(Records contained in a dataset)
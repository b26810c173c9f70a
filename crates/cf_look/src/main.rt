//! Looks at what others made.
//!
//! `cf_look check` reads a history from standard input: a plan with the words of its events, and the records of each
//! caller. It says whether one sequential graph would have answered all callers so. Where it wouldn't, it tells the
//! first thing that doesn't fit, and what the sequential graph answers there. With `--lines` each line is a history
//! and gets a line of its own, so that one run judges many. It ends with status 0 where all fit, and 1 where one
//! doesn't.
//!
//! `cf_look explain` reads a script, and says what is wrong with it: the fault that `cf run` would tell, where it is,
//! and what would be right there; and what is odd about it. It ends with status 0 where nothing is wrong, 1 where
//! `cf run` would refuse the script, and 3 where it is only odd.
//!
//! `cf_look dot` reads a script, and writes its plan as a picture in the language of Graphviz, with what becomes of
//! each stage by the script's steps. It ends with status 0, or with 1 where `cf run` would refuse the script; then
//! the line of the fault is on standard error.
//!
//! `cf_look page` reads a script or an account, which is a history with what it says for people, and writes a page
//! for a browser on which its events can be gone through. `cf_look trace` writes the same as a trace. They end with
//! status 0. Where what they read is neither, they end with 1, write nothing else, and say on standard error what
//! `cf_look explain` says of it.
//!
//! `cf_look explore` reads a question, which is a script with a list of steps for each of several callers, and
//! searches all orders in which these can come. It ends with status 0 where all that must hold holds, 1 where
//! something doesn't, 2 where the question has a fault, which is on standard error, and 3 where a bound ended it
//! before all orders were seen.
//!
//! All end with 2 where the words or standard input can't be read, where standard output can't be written, and where
//! memory is refused; a line on standard error says which. The verdicts are those of `cf_history`, `cf_explain`,
//! `cf_picture` and `cf_page`, which are proved; this program reads in and writes out.
#![tactic(auto)]

ghost use Rattle.std.specs.Prelude.{◌≡◌, ◌≢◌};

mod args;
mod explore;
mod fault;
mod history;
mod input;
mod named;
mod page;
mod people;
mod script;
mod show;
mod texts;

use anyhow::Result;
use args::{Look, Shape, read_words};
use cf_explain::Verdict as Said;
use cf_history::Verdict;
use explore::{explore_one, fault_of, is_question};
use history::judge;
use input::{input_of, json_in};
use page::{ReadInput, Shown, read_in, text_of, write_refusal};
use script::{Drawn, draw, explain_script, script_in};
use serde_json::Value as Json;
use show::line_of;
use std::process::ExitCode;
use std::rt::{Clock, Env, Files};

/// All histories fit.
const FITS: u8 = 0;

/// One doesn't.
const FITS_NOT: u8 = 1;

/// One can't be read, or nothing can be said.
const UNREADABLE: u8 = 2;

/// Nothing is wrong with a script.
const RIGHT: u8 = 0;

/// It is drawn.
const DRAWN: u8 = 0;

/// `cf run` would refuse it.
const REFUSED: u8 = 1;

/// It would be run, and something about it is odd.
const ODD: u8 = 3;

fn main(rt: HostRuntime) -> ExitCode {
    match look(&rt) {
        Ok(status) => ExitCode::from(status),
        Err(why) => {
            let _ = eprintln!(rt; "cf_look: {why}");
            ExitCode::from(UNREADABLE)
        }
    }
}

/// Does what the words ask for, and answers the status to end with, unless standard output fails or memory is refused.
fn look<R: Env + Input + Print + Eprint + AllocGlobal + Clock + Files>(rt: &R) -> Result<u8> {
    match read_words(rt)? {
        Look::Nothing(status) => Ok(status),
        Look::Explain => explain_one(rt),
        Look::Dot => draw_one(rt),
        Look::Show(shape) => show_one(rt, shape),
        Look::Explore(asked) => explore_one(rt, &asked),
        Look::Check { lines } => check_input(rt, lines),
    }
}

/// Judges what is on standard input: a history, or one in each line.
fn check_input<R: Input + Print + AllocGlobal>(rt: &R, lines: bool) -> Result<u8> {
    let Ok(input) = input_of(rt) else {
        println!(rt; "unreadable: standard input")?;
        return Ok(UNREADABLE);
    };
    if lines {
        check_lines(rt, input.as_slice())
    } else {
        check_one(rt, input.as_slice())
    }
}

/// Explains the script on standard input.
fn explain_one<R: Input + Print + AllocGlobal>(rt: &R) -> Result<u8> {
    let Ok(bytes) = script_in(rt) else {
        println!(rt; "unreadable: standard input")?;
        return Ok(UNREADABLE);
    };
    match json_in(rt.alloc(), bytes.as_slice())? {
        Some(json) if is_question(&json) => explain_question(rt, &json),
        _ => Ok(status_of_script(explain_script(rt, bytes.as_slice())?)),
    }
}

/// Explains what is asked of all orders: that it is right, or the first fault in it.
fn explain_question<R: Print + AllocGlobal>(rt: &R, json: &Json) -> Result<u8> {
    match fault_of(rt.alloc(), json)? {
        None => {
            println!(rt; "right: a question for cf_look explore")?;
            Ok(RIGHT)
        }
        Some(fault) => {
            println!(rt; "refused: {fault}")?;
            Ok(REFUSED)
        }
    }
}

/// Draws the script on standard input.
fn draw_one<R: Input + Print + Eprint + AllocGlobal>(rt: &R) -> Result<u8> {
    let Ok(bytes) = script_in(rt) else {
        eprintln!(rt; "unreadable: standard input")?;
        return Ok(UNREADABLE);
    };
    Ok(match draw(rt, bytes.as_slice())? {
        Drawn::Whole => DRAWN,
        Drawn::Refused => REFUSED,
        Drawn::NoName => UNREADABLE,
    })
}

/// Shows the account or the script on standard input: all of it, or nothing.
fn show_one<R: Input + Print + Eprint + AllocGlobal>(rt: &R, shape: Shape) -> Result<u8> {
    let Ok(input) = input_of(rt) else {
        eprintln!(rt; "unreadable: standard input")?;
        return Ok(UNREADABLE);
    };
    show_bytes(rt, shape, input.as_slice())
}

/// Shows the account or the script of these bytes.
fn show_bytes<R: Print + Eprint + AllocGlobal>(rt: &R, shape: Shape, bytes: &[u8]) -> Result<u8> {
    match read_in(rt.alloc(), bytes) {
        Ok(ReadInput::Shown(shown)) => write_shown(rt, shape, &shown),
        Ok(ReadInput::Refused(fault)) => {
            write_refusal(rt, bytes, fault)?;
            Ok(REFUSED)
        }
        Err(why) => {
            eprintln!(rt; "unreadable: {why}")?;
            Ok(UNREADABLE)
        }
    }
}

/// Writes what was read, in this shape.
fn write_shown<R: Print + AllocGlobal>(rt: &R, shape: Shape, shown: &Shown) -> Result<u8> {
    let text = text_of(rt.alloc(), shown, shape)?;
    print!(rt; "{text}")?;
    Ok(DRAWN)
}

/// Judges a history, and writes the line of its verdict.
fn check_one<R: Print + AllocGlobal>(rt: &R, bytes: &[u8]) -> Result<u8> {
    match judge(rt.alloc(), bytes) {
        Ok(verdict) => {
            let line = line_of(rt.alloc(), verdict)?;
            println!(rt; "{line}")?;
            Ok(status_of(verdict))
        }
        Err(why) => {
            println!(rt; "unreadable: {why}")?;
            Ok(UNREADABLE)
        }
    }
}

/// The status that tells a verdict on a history.
fn status_of(verdict: Verdict) -> u8
    ensures fits { verdict ≡ Verdict.Fits → result ≡ 0 }
    ensures fits_not { verdict ≢ Verdict.Fits → result ≡ 1 }
{
    match verdict {
        Verdict::Fits => FITS,
        _ => FITS_NOT,
    }
}

/// The status that tells a verdict on a script.
fn status_of_script(said: Said) -> u8
    ensures right { said ≡ Said.Right → result ≡ 0 }
    ensures refused { said ≡ Said.Refused → result ≡ 1 }
    ensures odd { said ≡ Said.Odd → result ≡ 3 }
{
    match said {
        Said::Right => RIGHT,
        Said::Refused => REFUSED,
        Said::Odd => ODD,
    }
}

/// Judges the history in each line.
fn check_lines<R: Print + AllocGlobal>(rt: &R, bytes: &[u8]) -> Result<u8> {
    let Ok(text) = str::from_utf8(bytes) else {
        println!(rt; "unreadable: standard input isn't UTF-8")?;
        return Ok(UNREADABLE);
    };
    let mut worst = FITS;
    for line in text.lines() {
        worst = worst.max(check_one(rt, line.as_bytes())?);
    }
    Ok(worst)
}
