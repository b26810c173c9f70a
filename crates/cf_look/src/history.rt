//! A history as JSON.
ghost use Rattle.std.specs.Prelude.{◌≡◌, IfErr, IfOk, false, true};
ghost use Rattle.cf_forms.specs.Plans.{has_place};

use crate::fault::Unreadable;
use crate::input::read_json;
use crate::texts::{is_unknown, now, reply, settled};
use anyhow::Result;
use cf_event::decode;
use cf_history::{
    Entry, History, Record, Session, SharedCaller, SharedHistory, Verdict, check, check_shared,
    fill_in,
};
use cf_model::{Ask, Told};
use cf_outcome::Outcome;
use cf_plan::Plan;
use cf_script_reading::{script_of, u16_of, u32_of, value};
use cf_text::ScriptFault;
use serde_json::Value as Json;
use std::alloc::{AllocError, Global};

/// A history that was read, with the plan that it begins with and for how many stages more there is room. Replies that it
/// doesn't say are the graph's.
#[derive(Drop)]
pub(crate) struct Account {
    pub(crate) plan: Plan,
    pub(crate) room: u16,
    pub(crate) history: History,
}

/// The verdict on a history that is written in JSON.
pub(crate) fn judge(alloc: Global, bytes: &[u8]) -> Result<Verdict> {
    let json = json_of(alloc, bytes)?;
    let (plan, room, shared) = shared_of(alloc, &json)?;
    check_room(&plan, room)?;
    Ok(check_shared(alloc, &plan, room, shared)?)
}

/// The history that a JSON value says.
pub(crate) fn account_of(alloc: Global, json: &Json) -> Result<Account> {
    let (plan, room, shared) = shared_of(alloc, json)?;
    check_room(&plan, room)?;
    let history = fill_in(alloc, &plan, room, shared)?;
    Ok(Account {
        plan,
        room,
        history,
    })
}

/// The verdict on it.
pub(crate) fn verdict_on(alloc: Global, account: &Account) -> Result<Verdict> {
    check_room(&account.plan, account.room)?;
    Ok(check(alloc, &account.plan, account.room, &account.history)?)
}

/// Refuses more room than a plan has place for.
pub(crate) fn check_room(plan: &Plan, room: u16) -> Result<(), Unreadable>
    ensures place { IfOk result (λ _. has_place plan.now.stages room ≡ true) }
    ensures refused { IfErr result (λ why. (why ≡ Unreadable.Room) × (has_place plan.now.stages room ≡ false)) }
{
    if plan.has_place(room) {
        Ok(())
    } else {
        Err(Unreadable::Room)
    }
}

/// The JSON of these bytes.
fn json_of(alloc: Global, bytes: &[u8]) -> Result<Json> {
    match read_json(alloc, bytes)? {
        Ok(json) => Ok(json),
        Err(why) => Err(Unreadable::Json(why).into()),
    }
}

/// What sessions say, with the plan and the room for it.
fn shared_of(alloc: Global, json: &Json) -> Result<(Plan, u16, SharedHistory)> {
    let (plan, room, count) = plan_of(alloc, json)?;
    let shared = sessions_of(alloc, json, count)?;
    Ok((plan, room, shared))
}

/// What sessions say, of a plan that brings so many functions.
fn sessions_of(alloc: Global, json: &Json, count: u32) -> Result<SharedHistory> {
    let functions = match json.get("functions") {
        None => count,
        Some(said) => u32_of(said).ok_or(Unreadable::Member("functions"))?,
    };
    Ok(SharedHistory {
        functions,
        words: words_of(alloc, json)?,
        callers: callers_of(alloc, json)?,
        outcomes: outcomes_of(alloc, json)?,
    })
}

/// The plan, for how many stages it has room, and how many functions it brings.
fn plan_of(alloc: Global, json: &Json) -> Result<(Plan, u16, u32)> {
    let said = json.get("plan").ok_or(Unreadable::Member("plan"))?;
    let script = match script_of(alloc, said) {
        Ok(script) => script,
        Err(fault) => return Err(Unreadable::NoPlan(ScriptFault::from(fault)).into()),
    };
    let (plan, room, functions, steps) = script.into_parts();
    if !steps.is_empty() {
        return Err(Unreadable::Member("plan: steps").into());
    }
    let count = u32::try_from(functions.len()).ok();
    let count = count.ok_or(Unreadable::Member("plan: functions"))?;
    Ok((plan, room, count))
}

fn words_of(alloc: Global, json: &Json) -> Result<Vec<u64>> {
    let list = json.get("events").and_then(Json::as_array);
    let list = list.ok_or(Unreadable::Member("events"))?;
    let mut words = Vec::new(alloc);
    for (k, said) in list.iter().enumerate() {
        words.push(word(said).ok_or(Unreadable::Element("events", k, ""))?)?;
    }
    Ok(words)
}

/// A word of 64 bits: a number, or one in decimal in a string, since not every reader keeps a number above 2^53.
pub(crate) fn word(json: &Json) -> Option<u64> {
    match json.as_str() {
        Some(text) => text.parse().ok(),
        None => json.as_u64(),
    }
}

fn callers_of(alloc: Global, json: &Json) -> Result<Vec<SharedCaller>> {
    let list = json.get("callers").and_then(Json::as_array);
    let list = list.ok_or(Unreadable::Member("callers"))?;
    let mut callers = Vec::new(alloc);
    for (c, said) in list.iter().enumerate() {
        callers.push(caller_of(alloc, c, said)?)?;
    }
    Ok(callers)
}

/// An array of records, or an object with such an array for each session.
fn caller_of(alloc: Global, c: usize, said: &Json) -> Result<SharedCaller> {
    let mut sessions = Vec::new(alloc);
    match said.get("sessions") {
        None => {
            let own = said
                .as_array()
                .ok_or(Unreadable::Element("callers", c, ""))?;
            sessions.push(session_of(alloc, c, None, own.as_slice())?)?;
        }
        Some(said) => {
            let list = said
                .as_array()
                .ok_or(Unreadable::Element("callers", c, ".sessions"))?;
            add_sessions(alloc, c, list.as_slice(), &mut sessions)?;
        }
    }
    Ok(SharedCaller { sessions })
}

fn add_sessions(alloc: Global, c: usize, list: &[Json], sessions: &mut Vec<Session>) -> Result<()> {
    for (n, said) in list.iter().enumerate() {
        let own = said.as_array().ok_or(Unreadable::Session(c, n))?;
        sessions.push(session_of(alloc, c, Some(n), own.as_slice())?)?;
    }
    Ok(())
}

/// The session of these records of caller `c`: its only one, or session `n`.
fn session_of(alloc: Global, c: usize, n: Option<usize>, list: &[Json]) -> Result<Session> {
    let mut entries = Vec::new(alloc);
    for (k, said) in list.iter().enumerate() {
        let told = entry(alloc, said)?;
        entries.push(told.ok_or(no_record(c, n, k))?)?;
    }
    Ok(Session { entries })
}

/// Record `k` is none.
fn no_record(c: usize, n: Option<usize>, k: usize) -> Unreadable {
    match n {
        None => Unreadable::Record(c, k),
        Some(n) => Unreadable::SessionRecord(c, n, k),
    }
}

/// `["did",place,word,reply]`, where the reply may be `unknown`, `["now",place,stage,absent,told]` or
/// `["outcome",place,stage,told]`.
fn entry(alloc: Global, json: &Json) -> Result<Option<Entry>, AllocError> {
    let Some(list) = json.as_array() else {
        return Ok(None);
    };
    let Some(text) = list.as_slice().last().and_then(Json::as_str) else {
        return Ok(None);
    };
    let words: Vec<&str> = text.split_whitespace().collect(alloc)?;
    Ok(entry_with(json, list.len(), words.as_slice()))
}

/// The entry with so many elements, of which the last has these words.
fn entry_with(json: &Json, count: usize, words: &[&str]) -> Option<Entry> {
    let kind = json.get(0usize)?.as_str()?;
    let place = usize::try_from(json.get(1usize)?.as_u64()?).ok()?;
    match kind {
        "did" if count == 4 => did(place, json.get(2usize)?, words),
        "now" if count == 5 => saw_now(place, json, words),
        "outcome" if count == 4 => saw_outcome(place, json.get(2usize)?, words),
        _ => None,
    }
}

/// An event's entry with the reply of these words.
fn did(place: usize, said: &Json, words: &[&str]) -> Option<Entry> {
    let event = decode(word(said)?)?;
    if is_unknown(words) {
        return Some(Entry::Unanswered { place, event });
    }
    Some(Entry::Known(Record::Did {
        place,
        event,
        reply: reply(words)?,
    }))
}

/// The entry of a look at a stage's present state, for which these words are told.
fn saw_now(place: usize, json: &Json, words: &[&str]) -> Option<Entry> {
    let stage = u16_of(json.get(2usize)?)?;
    let absent = value(json.get(3usize)?)?;
    let told = Told::Now(now(words)?);
    let ask = Ask::Now(stage, absent);
    Some(Entry::Known(Record::Saw { place, ask, told }))
}

/// The entry of a look at a stage's outcome, for which these words are told.
fn saw_outcome(place: usize, stage: &Json, words: &[&str]) -> Option<Entry> {
    let ask = Ask::Outcome(u16_of(stage)?);
    let told = Told::Outcome(settled(words)?);
    Some(Entry::Known(Record::Saw { place, ask, told }))
}

fn outcomes_of(alloc: Global, json: &Json) -> Result<Option<Vec<Option<Outcome>>>> {
    let Some(said) = json.get("outcomes") else {
        return Ok(None);
    };
    let list = said.as_array().ok_or(Unreadable::Member("outcomes"))?;
    let mut outcomes = Vec::new(alloc);
    for (i, said) in list.iter().enumerate() {
        let told = told_of(alloc, said)?;
        outcomes.push(told.ok_or(Unreadable::Element("outcomes", i, ""))?)?;
    }
    Ok(Some(outcomes))
}

/// What a text says that a stage's outcome is, if it says one.
fn told_of(alloc: Global, said: &Json) -> Result<Option<Option<Outcome>>, AllocError> {
    let Some(text) = said.as_str() else {
        return Ok(None);
    };
    let words: Vec<&str> = text.split_whitespace().collect(alloc)?;
    Ok(settled(words.as_slice()))
}
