//! What the texts of replies and outcomes mean: those of a script's report.
use cf_forms::Args;
use cf_model::{Attached, Claimed, Finished, Reply, Ticked};
use cf_outcome::{Cause, Now, Outcome, Value};

/// The word in this place, empty where there is none.
fn word<'a>(words: &[&'a str], i: usize) -> &'a str {
    match words.get(i) {
        Some(word) => *word,
        None => "",
    }
}

/// The words from this place on.
fn behind<'a, 'b>(words: &'b [&'a str], i: usize) -> &'b [&'a str] {
    if i <= words.len() { &words[i..] } else { &[] }
}

/// The number that is this one word.
fn number(words: &[&str]) -> Option<u32> {
    if words.len() == 1 {
        word(words, 0).parse().ok()
    } else {
        None
    }
}

fn value(text: &str) -> Option<Value> {
    if text == "nil" {
        return Some(Value::Nil);
    }
    Some(Value::Int(text.parse().ok()?))
}

/// The value that is this one word.
fn alone(words: &[&str]) -> Option<Value> {
    if words.len() == 1 {
        value(word(words, 0))
    } else {
        None
    }
}

fn cause(words: &[&str]) -> Option<Cause> {
    match word(words, 0) {
        "thrown" => Some(Cause::Thrown(number(behind(words, 1))?)),
        "cancelled" if words.len() == 1 => Some(Cause::Cancelled),
        "timeout" => Some(Cause::TimedOut(code(words)?)),
        "badanswer" => Some(Cause::BadAnswer(code(words)?)),
        _ => None,
    }
}

/// The code behind a cause's word, 0 where there is none.
fn code(words: &[&str]) -> Option<u32> {
    if words.len() == 1 {
        Some(0)
    } else {
        number(behind(words, 1))
    }
}

/// The outcome of these words.
pub(crate) fn outcome(words: &[&str]) -> Option<Outcome> {
    match word(words, 0) {
        "value" => Some(Outcome::Value(alone(behind(words, 1))?)),
        "fault" => fault(behind(words, 1)),
        _ => None,
    }
}

fn fault(words: &[&str]) -> Option<Outcome> {
    if words.is_empty() {
        return None;
    }
    let last = words.len() - 1;
    let wrapped = match word(words, last) {
        "raw" => false,
        "wrapped" => true,
        _ => return None,
    };
    let cause = cause(&words[..last])?;
    Some(Outcome::Fault { cause, wrapped })
}

/// The outcome of these words, or none where they say `pending`.
pub(crate) fn settled(words: &[&str]) -> Option<Option<Outcome>> {
    if words.len() == 1 && word(words, 0) == "pending" {
        return Some(None);
    }
    Some(Some(outcome(words)?))
}

/// What a question for the present state is told by these words.
pub(crate) fn now(words: &[&str]) -> Option<Now> {
    let rest = behind(words, 1);
    match word(words, 0) {
        "absent" => Some(Now::Absent(alone(rest)?)),
        "value" => Some(Now::Got(alone(rest)?)),
        "completion" => Some(Now::Completion(cause(rest)?)),
        "cancellation" if words.len() == 1 => Some(Now::Cancellation),
        _ => None,
    }
}

/// Whether these words say that nobody knows the reply.
pub(crate) fn is_unknown(words: &[&str]) -> bool {
    words.len() == 1 && word(words, 0) == "unknown"
}

/// The reply of these words.
pub(crate) fn reply(words: &[&str]) -> Option<Reply> {
    if words.len() == 1 {
        return lone(word(words, 0));
    }
    let rest = behind(words, 1);
    match word(words, 0) {
        "granted" => Some(Reply::Claim(Claimed::Granted(args(rest)?))),
        "fired" => Some(Reply::Tick(Ticked::Fired(u16::try_from(number(rest)?).ok()?))),
        "attached" => Some(Reply::Attach(Attached::At(u16::try_from(number(rest)?).ok()?))),
        _ => None,
    }
}

/// The reply of one word.
fn lone(text: &str) -> Option<Reply> {
    match text {
        "true" => Some(Reply::Flag(true)),
        "false" => Some(Reply::Flag(false)),
        "past" => Some(Reply::Tick(Ticked::Past)),
        "stagesfull" => Some(Reply::Attach(Attached::StagesFull)),
        _ => taken(text),
    }
}

/// The same of a claim or a finish.
fn taken(text: &str) -> Option<Reply> {
    match text {
        "settled" => Some(Reply::Claim(Claimed::Settled)),
        "taken" => Some(Reply::Claim(Claimed::Taken)),
        "notready" => Some(Reply::Claim(Claimed::NotReady)),
        "won" => Some(Reply::Finish(Finished::Won)),
        "late" => Some(Reply::Finish(Finished::Late)),
        "notyours" => Some(Reply::Finish(Finished::NotYours)),
        _ => None,
    }
}

/// The granted arguments of these words.
fn args(words: &[&str]) -> Option<Args> {
    let rest = behind(words, 1);
    match word(words, 0) {
        "none" if words.len() == 1 => Some(Args::None),
        "one" => Some(Args::One(alone(rest)?)),
        "two" if words.len() == 3 => {
            Some(Args::Two(value(word(words, 1))?, value(word(words, 2))?))
        }
        "got" => Some(Args::Got(outcome(rest)?)),
        _ => None,
    }
}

What the task asks
For the string "Explains", report how many lines of the records contain it, giving the number only.

Exercise output
2